Thursday, August 25, 2011

Shepherd492 reviews: The Long Walk

The Long Walk (Stephen King)

In an alternate history, America's biggest sporting event is the Long Walk. The Long Walk consists of one hundred teenage boys walking for as long as they can, until only one remains. The catch is, when you bow out of the walk, you die. The novel consists of the point of view of one walker, Garraty, and his experience winning the Long Walk. Other characters are introduced, and the ever changing interaction between the doomed walkers is the focal point of the story.

This is very much a character driven novel, the plot is very simple, but effective enough. There are some allusions to events that changed the course of history, although the origins of the Long Walk are never explicitly stated. There is an antagonist in the form of Barkovitch, a sadistic walker, but much of the conflict comes from the Long Walk itself, as weather, fatigue, hunger, and large crowds chip away at the walker's sanity. Thankfully, the novel does stay true to its premise, and there is no cop out ending to save some of the more likeable minor characters, though the ending is somewhat ambiguous in terms of the main character's fate.

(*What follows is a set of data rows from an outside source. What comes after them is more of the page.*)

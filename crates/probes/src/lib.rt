// Soil probes (document 02, T-07): what a block's shallow and deep probe say of the water content, and the depletion that it means.
// Contents are ten-thousandths of the soil's volume.
#![tactic(auto)]

ghost use Rattle.std.specs.Prelude.{◌≡◌, true, ◌≤◌};
ghost use Rattle.probes.specs.Contents.{is_content, ten_thousandths, content_of, pair_of, single_of, reading_of, reading_in};
ghost use Rattle.probes.specs.Depletion.{measured};

// A probe answers a water content, its supply voltage where the battery is low, or nothing.
#[derive(Clone, Copy, Debug, PartialEq)]
pub enum Probe {
    Water(f32),
    Low(f32),
    Silent,
}

// Both probes' contents.
#[derive(Clone, Copy, Debug, PartialEq)]
pub struct Pair {
    pub shallow: f32,
    pub deep: f32,
}

// Why the probes say no content: one is no number from 0 to 1 (refusal 18); there is none (refusal 19).
#[derive(Clone, Copy, Debug, PartialEq, Eq)]
pub enum NoContent {
    Wrong,
    Nothing,
}

// ---- a content

// A content in ten-thousandths, from its bits: its value is `digits` × 2^(field − 150). Below a field of 87 it is less than 2^-40, and so no
// ten-thousandth; there a subnormal's missing leading digit makes no difference, and no shift reaches 64.
fn ten_thousandths(x: f32) -> u32
    requires { is_content x ≡ true }
    ensures { result ≡ ten_thousandths x }
{
    let bits = x.to_bits();
    let field = (bits & 0x7fff_ffff) >> 23;
    if field < 87 {
        return 0;
    }
    let digits = (bits & 0x7f_ffff) | 0x80_0000;
    let top = digits as u64 * 10000;
    (top >> (150 - field)) as u32
}

// Whether a content is a number from 0 to 1. No comparison holds of a NaN; -0.0 equals 0.0.
fn is_content(x: f32) -> bool
    ensures { result ≡ is_content x }
{
    0.0 <= x && x <= 1.0
}

fn content_of(x: f32) -> Result<u32, NoContent>
    ensures { reading_in result ≡ content_of x }
{
    if is_content(x) {
        return Ok(ten_thousandths(x));
    }
    Err(NoContent::Wrong)
}

// ---- both probes

// The floor of the mean of two contents.
fn pair_of(p: Pair) -> Result<u32, NoContent>
    ensures { reading_in result ≡ pair_of p }
{
    if is_content(p.shallow) && is_content(p.deep) {
        return Ok((ten_thousandths(p.shallow) + ten_thousandths(p.deep)) / 2);
    }
    Err(NoContent::Wrong)
}

// One probe. A low or a silent one has no content.
fn single_of(p: Probe) -> Result<u32, NoContent>
    ensures { reading_in result ≡ single_of p }
{
    match p {
        Probe::Water(x) => content_of(x),
        Probe::Low(_) | Probe::Silent => Err(NoContent::Nothing),
    }
}

// Both contents, or the one there is. (A match of the pair was tried, and the proof did not close.)
pub fn reading_of(shallow: Probe, deep: Probe) -> Result<u32, NoContent>
    ensures { reading_in result ≡ reading_of shallow deep }
{
    match shallow {
        Probe::Water(x) => match deep {
            Probe::Water(y) => pair_of(Pair {
                shallow: x,
                deep: y,
            }),
            Probe::Low(_) | Probe::Silent => content_of(x),
        },
        Probe::Low(_) | Probe::Silent => single_of(deep),
    }
}

// ---- the depletion

// Measured depletion, by the field capacity, the content, the day's root depth Z and total water T.
pub fn measured_depletion(capacity: u32, content: u32, root: u32, total: u32) -> u32
    requires { (capacity ≤ 6000) × (root ≤ 300) }
    ensures { result ≡ measured capacity content root total }
{
    (capacity.saturating_sub(content) * root / 10).min(total)
}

This novel serves as an excellent look into people under the stress of imminent death while fatigued beyond belief. Many of the characters come across as resilent and enduring, but after the walk is under way, the facades crack one by one as walkers simply lose their will to live. Another interesting facet of the novel is the interaction between walkers; people who should be enemies in the same way as opposing armies in war talk like best friends and grow to know one another. Through this interaction we learn about the secondary characters, many of whom come from different backgrounds and have different reasons for accepting the challenge of the Walk.

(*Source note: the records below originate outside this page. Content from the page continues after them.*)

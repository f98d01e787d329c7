// What a record tells of an event, beside what came of it.
ghost use Rattle.std.specs.Prelude.{◌≡◌, ℕ, true, false, List, All, IfOk};
ghost use Rattle.std.specs.Bool.{Decides};
ghost use Rattle.circus_collate.specs.declared.deployment.Deployment.{Deployment as Deployed};
ghost use Rattle.circus_wire.specs.Wire.{Remains};
ghost use Rattle.circus_wire.specs.WireActs.{WireAct, WireActs};
ghost use Rattle.circus_member_rules.specs.declared.occurrence.Purpose.{Purpose as MadeFor};
ghost use Rattle.circus_member_theory.specs.Made.{at_most_one};
ghost use Rattle.circus_world_theory.specs.Histories.{beginning_of};
ghost use Rattle.circus_world_theory.specs.NodeActs.{with_all};
ghost use Rattle.circus_headline_theory.specs.Peers.{GoesToPeer};
ghost use Rattle.circus_headline_theory.specs.Trace.{gives_for_all};
ghost use Rattle.circus_verdict.specs.Seen.Living as living;
ghost use Rattle.circus_verdict.specs.Seen.Station.{IsFormatted, StandFor, IsHandedOver, TellsOf};

use crate::same::Same;
use crate::station::Pairs;
use circus_audit::GivenEvent;
use circus_member_rules::{Difference, Effects};
use circus_node::{Event, Gives, StepFault};
use circus_value::{ListOf, NoMemory, Nodes};
use std::alloc::{AllocError, Global};

/// What was made of an event, behind what came of it, is handed over. Whether each call of it has a number, and the record
/// tells of the event what was sent and what differed. After `NoMemory`, and where it doesn't, some of it may have been
/// handed over.
pub(crate) fn is_told(
    told: &GivenEvent,
    pairs: &mut Pairs,
    made: Effects,
    gives: Gives,
    differs: &Option<Difference>,
) -> Result<bool, NoMemory>
    requires { IsFormatted pairs.old }
    ensures tells { (d : Deployed) (node : ℕ) (acts : WireActs MadeFor)
        (came : List (WireAct MadeFor)) → StandFor d node (with_all acts came) pairs.old
        → gives ≡ gives_for_all (beginning_of d node) acts came
        → All (GoesToPeer (beginning_of d node)) made
        → IfOk result (λ tells. TellsOf d node acts came made
        (at_most_one differs.now) told.now pairs.new tells) }
    ensures format { IsFormatted pairs.new }
    ensures remains { Remains pairs.old.wire pairs.new.wire }
{
    let mut gives = gives;
    let has_numbers = hand(pairs, made, &mut gives)?;
    if !has_numbers {
        return Ok(false);
    }
    if !told.gives.is_same(&gives) {
        return Ok(false);
    }
    Ok(differs_so(told.differences.as_slice(), differs))
}

// What is made is handed over, and what is sent is added. False exactly where a call of it has no number.
fn hand(pairs: &mut Pairs, made: Effects, gives: &mut Gives) -> Result<bool, NoMemory>
    requires { IsFormatted pairs.old }
    ensures handed { (d : Deployed) (node : ℕ) (acts : WireActs MadeFor)
        (came : List (WireAct MadeFor)) → StandFor d node (with_all acts came) pairs.old
        → gives.old ≡ gives_for_all (beginning_of d node) acts came
        → All (GoesToPeer (beginning_of d node)) made
        → IfOk result (IsHandedOver d node acts came made pairs.new gives.new) }
    ensures format { IsFormatted pairs.new }
    ensures remains { Remains pairs.old.wire pairs.new.wire }
{
    match pairs.hand(made, gives) {
        Ok(()) => Ok(true),
        Err(StepFault::Spent(_)) => Ok(false),
        Err(StepFault::NoMemory) => Err(AllocError),
    }
}

// One is told where it differs, and none where none does.
fn differs_so(told: &[Difference], differs: &Option<Difference>) -> bool
    ensures { Decides result (told.now ≡ at_most_one differs.now) }
{
    match differs {
        Some(difference) => match told.split_first() {
            Some((first, others)) => others.is_empty() && first.is_same(difference),
            None => false,
        },
        None => told.is_empty(),
    }
}

/// Which declarations are to come behind an event in whose step these nodes are suspected, where these were to come before
/// it. `None` where the event isn't what is due.
pub(crate) fn awaited_behind(
    alloc: Global,
    due: Nodes,
    event: &Event,
    suspects: Nodes,
) -> Result<Option<Nodes>, NoMemory>
    ensures { IfOk result (λ nodes. nodes ≡ living.awaited_by event.now suspects due) }
{
    match event {
        Event::Down(node) => behind(alloc, *node, due.as_slice()),
        _ if due.is_empty() => Ok(Some(suspects)),
        _ => Ok(None),
    }
}

// The nodes behind the first one, where that is this.
fn behind(alloc: Global, node: u16, due: &[u16]) -> Result<Option<Nodes>, NoMemory>
    ensures { IfOk result (λ nodes. nodes ≡ living.behind node due.now) }
{
    match due.split_first() {
        Some((first, others)) if *first == node => {
            let mut nodes = ListOf::new(alloc);
            nodes.append(others)?;
            Ok(Some(nodes))
        }
        _ => Ok(None),
    }
}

Even though the book is written using only one point of view, something that does eliminate tension as it was nearly guaranteed that Garraty would finish, the author does an excellent job of making the truly doomed side characters sympathetic. Garraty grows very close to some of these strangers by the end of the novel, and in some ways he knew them better than anyone else ever could have. Garraty emerges as a very interesting character in his own right, as his feelings towards DeVries develop, and he finds himself thinking about winning the race less and less, instead looking simply to survive another hour.

Fairly standard prose, descriptions are appropriate but somewhat repetitive, mostly fleeting glimpses of small towns and forested areas. Dialogue is adequate as well. The writing style as the book progresses is in fact interesting, the first few deaths are explained in great detail, but after that, with the exception of already introduced characters, the walkers are shot without anyone reacting, and often times without their names even being revealed to the reader. This, along with the constant nods to the aches and pains of the surviving walkers, helps promote a very hopeless athmosphere that colors all of the character interactions, thoughts, and even setting descriptions.

An interesting, if limited, premise, The Long Walk presents an excellent look at people under an otherworldly amount of stress placed in an unthinkable position.